Inspired by increasing demand for mainframes running electronic-commerce applications, IBM last week rolled out a new version of its OS/390 mainframe operating system, featuring beefed up security, systems management, and encryption capabilities.
IBM officials also shed a ray of light on what users can expect in Version 2, Release 9, due to ship in March 2000. Officials said they plan to further improve the operating system's native file and print serving for Windows clients, text-search support for Extensible Markup Language (XML)-generated documents, and unidentified Unix System Services functions.
Many of the features added to Version 2, Release 8, of OS/390 are aimed at helping corporate users integrate core business processes with those of their suppliers, partners, and customers.

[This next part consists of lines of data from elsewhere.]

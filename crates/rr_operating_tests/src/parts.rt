//! How a table stands as plain values and as bytes, there and back.
use crate::fixtures::{ROSTER, roster};
use rr_books::Money;
use rr_rules::{Standing, StandingParts};
use rr_words::spelling::{Cursor, Spell};
use std::alloc::Global;
use std::process::Abort;

// The calls below have no contracts, so that what a test does costs its proof little.

fn opened(rt: &impl Abort, alloc: Global) -> StandingParts {
    Standing::open(alloc, 2, &roster(rt, alloc, ROSTER))
        .expect(rt, "memory")
        .parts()
}

// Whether a game may stand so: the values tell it as what is made of them does.
fn is_standing(rt: &impl Abort, alloc: Global, parts: StandingParts) -> bool {
    let made = Standing::from_parts(alloc, &parts)
        .expect(rt, "memory")
        .is_some();
    assert!(rt; parts.are_sound() == made);
    made
}

// The value of which these are all the bytes.
fn read<T: Spell + Copy>(bytes: &[u8]) -> Option<T> {
    let mut cursor = Cursor::of(bytes);
    let value = T::read(&mut cursor)?;
    if cursor.is_empty() { Some(value) } else { None }
}

fn spelled<T: Spell>(rt: &impl Abort, alloc: Global, value: &T) -> Vec<u8> {
    let mut bytes = Vec::new(alloc);
    value.write(&mut bytes).expect(rt, "memory");
    bytes
}

// Whether the values are read from their bytes again.
fn is_read_again(rt: &impl Abort, alloc: Global, parts: &StandingParts) -> bool {
    let bytes = spelled(rt, alloc, parts);
    match read::<StandingParts>(&bytes) {
        Some(again) => spelled(rt, alloc, &again).as_slice() == bytes.as_slice(),
        None => false,
    }
}

fn with_revenue(parts: &StandingParts, dollars: i64) -> StandingParts {
    StandingParts {
        position: parts.position,
        revenue: Money(dollars),
    }
}

#[test]
fn a_standing_is_made_of_its_values(rt: HostRuntime) {
    let alloc = rt.alloc();
    let parts = opened(&rt, alloc);
    assert!(rt; parts.revenue == Money(0));
    assert!(rt; is_standing(&rt, alloc, parts));
    assert!(rt; is_standing(&rt, alloc, with_revenue(&parts, 10_000_000_000)));
    assert!(rt; !is_standing(&rt, alloc, with_revenue(&parts, 10_000_000_001)));
    assert!(rt; !is_standing(&rt, alloc, with_revenue(&parts, -1)));
    let mut many = parts;
    many.position.entries = 400_000_001;
    assert!(rt; !is_standing(&rt, alloc, many));
}

#[test]
fn a_standing_is_spelled(rt: HostRuntime) {
    let alloc = rt.alloc();
    let parts = with_revenue(&opened(&rt, alloc), 258);
    let bytes = spelled(&rt, alloc, &parts);
    // 883 of the position, 8 of the revenue
    assert!(rt; bytes.len() == 891);
    assert!(rt; bytes.get(883..) == Some(b"\x00\x00\x00\x00\x00\x00\x01\x02".as_slice()));
    assert!(rt; is_read_again(&rt, alloc, &parts));
    assert!(rt; read::<StandingParts>(&bytes[..bytes.len() - 1]).is_none());
}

"All this activity is driving a dramatic shift in the nature and volumes of transactions, where a single Web site can spawn hundreds of transactions. The shift to e-transactions is bringing with it a heavy requirement for scaling and security," said Doug Baylog, director of IBM's OS/390 software group, in Somers, N.Y.
"Release 8 is focused on that next generation of e-transaction processing and infrastructure," Baylog added.
An important improvement to the product's security, officials said, is that the exchange of encryption keys between the end points of a virtual private network (VPN) can now be automated and dynamically managed through the Internet Key Exchange, a commonly accepted protocol for cryptographic key and security management.
"We have had VPN support [in OS/390] before, but what we did not have was the ability for the systems on the other end of the VPN tunnel to react to changes in keys and synchronisation. We have implemented this protocol to simplify what is needed for two servers from two different companies in a supplier relationship," Baylog said.
In Release 8, IBM has also centralised the management of digital certificates belonging to server applications and their related private encryption keys. Company officials believe this will help both users and developers provide common management of such certificates in addition to the "chain of trust" necessary to verify client certificates.
IBM has also added support for the Lightweight Directory Access Protocol (LDAP), Version 3, designed specifically for new and emerging networked electronic-business application-development efforts. OS/390, Release 8, includes support for Java, LDAP access to Resource Access Control Facility, and support for Secure Sockets Layer for encrypted privacy of communication.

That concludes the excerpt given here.